Le 10 OPERE d’arte IMPERDIBILI a MILANO
#1 Il Bacio – Francesco Hayez
Simbolo del Romanticismo e divenuta un’icona sentimentale nella cultura mediatica, è impossibile recarsi a Milano senza passare dalla Pinacoteca di Brera per ammirare Il Bacio di Hayez. Il vero nome del dipinto è “Il bacio. Episodio della giovinezza. Costumi del secolo XIV” e fu commissionato dal conte Alfonso Maria Visconti desideroso di un dipinto simbolo di patriottismo. Si, non si direbbe, ma dietro ad una scena apparentemente intima tra due innamorati medioevali, in realtà il quadro racchiude un messaggio politico di ribellione verso l’occupazione straniera in Italia.

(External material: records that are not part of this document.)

//! The command `run`: from the bytes of a set to the text of a trace of it.
ghost use Rattle.std.specs.Prelude.{◌≡◌, ◌≢◌, map};
ghost use Rattle.set_input.specs.Ends.{TellsFaults, reading, writing};
ghost use Rattle.set_input.specs.Answers.{IsUnwritten};
ghost use Rattle.run_command.specs.RunAnswers.{RunAnswers};

use cpu_site::Gate;
use rt_fault::{Sink, Source, Status};
use set_input::read_input;
use set_runs::run_set;
use std::alloc::Global;
use std::sync::Wait;
use std::thread::Threads;
use trace_lines::Version;
use trace_tools::{Bus, TraceTool};
use trace_writer::{WriteStop, write_trace};

/// Reads a set, plays each processor's steps or turns in a thread of its own, and writes the trace of the histories that come
/// about, with the count lines of the tools.
pub(crate) fn play_set<R: Threads + Wait + Sync, S: Source, K: Sink, T: TraceTool, G: Gate + Sync>(
    rt: &R,
    alloc: Global,
    src: &mut S,
    out: &mut K,
    tools: Vec<T>,
    gate: &G,
) -> Status
    ensures answers { RunAnswers (map T.tool tools.items)
        (reading S.left S.faults src.old src.new)
        (writing K.held K.faults out.old out.new) result }
    ensures unwritten { IsUnwritten result → out.new ≡ out.old }
    ensures faults { TellsFaults (reading S.left S.faults src.old src.new)
        (writing K.held K.faults out.old out.new) result }
    ensures not_usage { result ≢ Status.Usage }
{
    let setup = match read_input(alloc, src) {
        Ok(setup) => setup,
        Err(status) => return status,
    };
    let Ok(engines) = run_set(rt, alloc, &setup, gate) else {
        return Status::NoMemory;
    };
    let Ok(mut bus) = Bus::open(alloc, tools) else {
        return Status::NoMemory;
    };
    match write_trace(
        alloc,
        Version::Two,
        &setup,
        engines.as_slice(),
        &mut bus,
        out,
    ) {
        Ok(()) => Status::Ok,
        Err(WriteStop::Fault) => Status::WriteFault,
        Err(WriteStop::NoMemory) => Status::NoMemory,
    }
}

Francesco Hayez, considerato il più importante esponente del Romanticismo italiano, declinò questa corrente nella sua opera opera rappresentando l’amore nazionalista e l’odio verso lo straniero, che nelle zone dell’attuale Lombardia, era rappresentato dalla dominazione austriaca. Ora, con occhi più esperti, possiamo notare i dettagli che racchiudono questo significato più profondo. Un pugnale nascosto dal mantello, il piede sul primo gradino della scala e alle spalle on ombra sospetta, che per alcuni storici rappresenta una spia austriaca che sorveglia i due amanti. E infine il bacio di un giovane patriota pronto alla partenza, e al probabile addio, prima di andare a combattere.
L’opera ebbe fin da subito moltissimo successo e divenne simbolo del Romanticismo italiano e Hayez ne dipinse altre 3 copie, ma l’originale è conservata nella Pinacoteca di Brera dopo la donazione del conte nel 1886.

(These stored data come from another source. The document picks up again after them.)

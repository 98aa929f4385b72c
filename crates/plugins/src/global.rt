//! Keys that plugins share.
ghost use Rattle.std.specs.Prelude.{◌≡◌, ◌+◌, ◌^◌, ◌<◌, ℕ};
ghost use Rattle.plugins.specs.GlobalBoosts as boosts;
ghost use Rattle.plugins.specs.DeadlineKeys as deadlines;

use rt_base::Tick;
use rt_rules::Key;
use rt_task::{Protocol, Task};

/// The band of base keys. Those of boosted holders are above it.
pub const BASE_BAND: u32 = 2;

/// The band of holders that are boosted to the ceiling of their semaphore.
const CEILING_BAND: u32 = 1;

/// The key under EDF of the task's job that is released at `release`: the earlier deadline first, ties to the lower task
/// number.
///
/// Example: the job of task 3 that is released at 20, with 5 ticks to its deadline, has the key (2, 25, 3).
pub fn deadline_key(t: &Task, release: Tick) -> Key
    requires { release.0 + t.now.rel_deadline < 2 ^ 64 }
    ensures { result ≡ deadlines.deadline_key t.now release.0 }
{
    Key {
        band: BASE_BAND,
        major: release.0 + t.rel_deadline,
        minor: t.number.0,
    }
}

/// The key of the task while it holds an MPCP semaphore of this ceiling, a priority number (Rajkumar, ICDCS 1990).
///
/// Example: task 3 has the key (1, 4, 3) under ceiling 4.
pub fn ceiling_key(t: &Task, ceiling: u32) -> Key
    ensures { result ≡ boosts.ceiling_key t.now ceiling }
{
    Key {
        band: CEILING_BAND,
        major: u64::from(ceiling),
        minor: t.number.0,
    }
}

/// The key of the task while it holds a semaphore of this protocol and ceiling: only MPCP boosts.
pub fn global_boost(t: &Task, p: Protocol, ceiling: u32) -> Option<Key>
    ensures { (granted : ℕ) → result ≡ boosts.global_boost t.now p granted ceiling }
{
    match p {
        Protocol::Mpcp => Some(ceiling_key(t, ceiling)),
        Protocol::Fmlp | Protocol::Omlp | Protocol::Pcp | Protocol::Srp => None,
    }
}
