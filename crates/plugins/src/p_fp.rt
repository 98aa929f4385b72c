//! P-FP.
use crate::partitioned::{partitioned_boost, priority_key};
use rt_base::Tick;
use rt_rules::{Key, Plugin};
use rt_task::{Protocol, Task};

/// P-FP, LITMUS-RT's partitioned fixed priorities: jobs by the priority of their task on each processor (Brandenburg,
/// dissertation, University of North Carolina, 2011).
#[derive(Clone, Copy)]
pub struct PFp;

impl Plugin for PFp {
    ghost use Rattle.plugins.specs.PartitionedBoosts.{partitioned_boost};
    ghost use Rattle.plugins.specs.PriorityKeys as priorities;

    ghost base = { λ t release resv_prio. priorities.priority_key t };

    ghost boost = { partitioned_boost };

    fn base_key(&self, t: &Task, _release: Tick, _resv_prio: u32) -> Key {
        priority_key(t)
    }

    fn boost_key(&self, t: &Task, p: Protocol, now: Tick, ceiling: u32) -> Option<Key> {
        partitioned_boost(t, p, now, ceiling)
    }

    fn fifo_cap(&self, m: u32) -> u32 {
        m
    }
}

#2 L’ultima Cena – Leonardo Da Vinci
Uno dei capolavori indiscussi della storia dell’altre è sicuramente il Cenacolo di Leonardo. Chiunque ormai conosce la storia dell’Ultima Cena più famosa al mondo, ma forse alcuni dettagli della sua possono essere passati inosservati. Leonardo Da Vinci venne scelto da Ludovico il Moro per dipingere la parete del refettorio del convento di Santa Maria delle Grazie. Leonardo non seguì la tradizionale rappresentazione dell’Ultima Cena, decise di rappresentare il momento nel quale Gesù ha appena annunciato il suo tradimento. Dal dipinto traspare l’interesse per la psicologia dei personaggi e la volontà di andare oltre ad una precisa interpretazione iconografica. Il Maestro si concentrò sul tentativo di rappresentare la sorpresa degli apostoli espressa da posture, gesti e espressioni del viso. Inoltre la cena è rappresentata volutamente in modo anacronistico nel XV secolo, come si può notare dai dettagli della tovaglia.

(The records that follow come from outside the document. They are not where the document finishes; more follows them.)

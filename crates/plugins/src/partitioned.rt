//! Keys under partitioned plugins.
ghost use Rattle.std.specs.Prelude.{◌≡◌};
ghost use Rattle.plugins.specs.PartitionedBoosts as boosts;
ghost use Rattle.plugins.specs.PriorityKeys as priorities;
ghost use Rattle.plugins.specs.ReservationKeys as reservations;

use crate::global::{BASE_BAND, ceiling_key};
use rt_base::Tick;
use rt_rules::Key;
use rt_task::{Protocol, Task};

/// The band of holders that are boosted by the clock of their grant.
const GRANT_BAND: u32 = 0;

/// The key of each job of the task under fixed priorities: the smaller priority number first, ties to the lower task
/// number.
///
/// Example: task 3 of priority number 7 has the key (2, 7, 3).
pub fn priority_key(t: &Task) -> Key
    ensures { result ≡ priorities.priority_key t.now }
{
    Key {
        band: BASE_BAND,
        major: u64::from(t.prio),
        minor: t.number.0,
    }
}

/// The key of each job of the task under reservations, where the task's reservation has this priority: the smaller
/// priority number first, ties to the lower number of the reservation.
///
/// Example: a client of reservation 2, whose priority number is 7, has the key (2, 7, 2).
pub fn reservation_key(t: &Task, resv_prio: u32) -> Key
    ensures { result ≡ reservations.reservation_key t.now resv_prio }
{
    Key {
        band: BASE_BAND,
        major: u64::from(resv_prio),
        minor: match t.resv {
            None => 0,
            Some(resv) => resv.0,
        },
    }
}

/// The key of the task while it holds an FMLP semaphore that it was granted at `now`: the earlier grant first, ties to the
/// lower task number. That FMLP holders are boosted, and in this order, is this project's choice.
///
/// Example: task 3 that was granted its semaphore at 21 has the key (0, 21, 3).
pub fn grant_key(t: &Task, now: Tick) -> Key
    ensures { result ≡ boosts.grant_key t.now now.0 }
{
    Key {
        band: GRANT_BAND,
        major: now.0,
        minor: t.number.0,
    }
}

/// The key of the task while it holds a semaphore of this protocol and ceiling that it was granted at `now`: FMLP and MPCP
/// boost.
pub(crate) fn partitioned_boost(t: &Task, p: Protocol, now: Tick, ceiling: u32) -> Option<Key>
    ensures { result ≡ boosts.partitioned_boost t.now p now.0 ceiling }
{
    match p {
        Protocol::Fmlp => Some(grant_key(t, now)),
        Protocol::Mpcp => Some(ceiling_key(t, ceiling)),
        Protocol::Omlp | Protocol::Pcp | Protocol::Srp => None,
    }
}
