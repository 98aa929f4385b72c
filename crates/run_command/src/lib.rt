//! The commands of `rtrun`: playing the steps or the turns of modelled processors, each processor by a thread of its own, and
//! printing the trace; and playing the partitions of a split set so, and printing what comes about.
#![tactic(auto)]

mod dispatch;
mod play_set;
mod play_split;
mod words;

pub use dispatch::run;

/// The words that are commands, as they are said.
pub const USAGE: &str = "usage: rtrun run, rtrun split";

L’opera realizzata tra il 1495 e il 1498 fu una vera propria impresa per il pittore fiorentino che, viste le dimensioni enormi e il poco tempo a disposizione, decise di utilizzare una tecnica sperimentale che, a sua insaputa, rese l’opera succube del tempo. Leonardo impiegò una tecnica definita “a secco” con pigmenti stesi su uno strato preparatorio di colore bianco per livellare e lisciare la parete. Proprio a causa del procedimento utilizzato, il colore si seccò molto presto e, complice l’umidità del refettorio che ospitava anche la cucina, l’affresco cominciò a deteriorarsi e a richiedere interventi di restauro già pochi anni dopo la sua realizzazione.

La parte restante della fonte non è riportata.